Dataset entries
========================

// The information frames of an uplink message: its payload, the message from its fifth byte on, is passed as a part to the walk
// (RULES 'Uplink', 'Uplink payloads').
#![tactic(auto)]

ghost use Rattle.std.specs.Prelude.{◌≡◌, MatchResult};
ghost use Rattle.numbers.specs.Lent.{behind};
ghost use Rattle.uplink.specs.Uplink.{payload_start, payload_of};
ghost use Rattle.information_frames.specs.Walk.{refused, payload_frames};
ghost use Rattle.information_frames.specs.Answers.{frame_list, nth_frame, DataPart};
ghost use Rattle.uplink_frames.specs.Frames.{message_frames};

use information_frames::{Frame, FrameList};
use refusals::Refusal;

// How many frames the message has.
pub fn list(message: &[u8]) -> Result<FrameList, Refusal>
    ensures { result ≡ frame_list (message_frames message.now) }
{
    information_frames::list(payload_in(message)?)
}

// Frame n, numbered from 0.
pub fn nth(message: &[u8], n: usize) -> Result<Frame, Refusal>
    ensures { result ≡ nth_frame (message_frames message.now) n }
{
    information_frames::nth(payload_in(message)?, n)
}

// The data of frame n, in the caller's own memory; an empty part on a refusal.
pub fn data<'a>(message: &'a [u8], n: usize) -> &'a [u8]
    ensures { DataPart (nth_frame (message_frames message.now) n) (payload_of message.now) (behind (payload_start message.now) message.entry.ref_ptr) result.now result.ref_ptr }
{
    information_frames::data(uplink::payload(message), n)
}

// The payload whose frames are the message's.
fn payload_in(message: &[u8]) -> Result<&[u8], Refusal>
    ensures { MatchResult result (λ payload. message_frames message.now ≡ payload_frames payload.now) (λ refusal. message_frames message.now ≡ refused refusal) }
{
    uplink::read_uplink(message)?;
    Ok(&message[4..])
}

========================

_ACTIVITY_
Top to bottom, transcribe every line above exactly.

_ANSWER BOX_
// The information frames of an uplink message: its payload, the message from its fifth byte on, is passed as a part to the walk
// (RULES 'Uplink', 'Uplink payloads').
#![tactic(auto)]

ghost use Rattle.std.specs.Prelude.{◌≡◌, MatchResult};
ghost use Rattle.numbers.specs.Lent.{behind};
ghost use Rattle.uplink.specs.Uplink.{payload_start, payload_of};
ghost use Rattle.information_frames.specs.Walk.{refused, payload_frames};
ghost use Rattle.information_frames.specs.Answers.{frame_list, nth_frame, DataPart};
ghost use Rattle.uplink_frames.specs.Frames.{message_frames};

use information_frames::{Frame, FrameList};
use refusals::Refusal;

// How many frames the message has.
pub fn list(message: &[u8]) -> Result<FrameList, Refusal>
    ensures { result ≡ frame_list (message_frames message.now) }
{
    information_frames::list(payload_in(message)?)
}

// Frame n, numbered from 0.
pub fn nth(message: &[u8], n: usize) -> Result<Frame, Refusal>
    ensures { result ≡ nth_frame (message_frames message.now) n }
{
    information_frames::nth(payload_in(message)?, n)
}

// The data of frame n, in the caller's own memory; an empty part on a refusal.
pub fn data<'a>(message: &'a [u8], n: usize) -> &'a [u8]
    ensures { DataPart (nth_frame (message_frames message.now) n) (payload_of message.now) (behind (payload_start message.now) message.entry.ref_ptr) result.now result.ref_ptr }
{
    information_frames::data(uplink::payload(message), n)
}

// The payload whose frames are the message's.
fn payload_in(message: &[u8]) -> Result<&[u8], Refusal>
    ensures { MatchResult result (λ payload. message_frames message.now ≡ payload_frames payload.now) (λ refusal. message_frames message.now ≡ refused refusal) }
{
    uplink::read_uplink(message)?;
    Ok(&message[4..])
}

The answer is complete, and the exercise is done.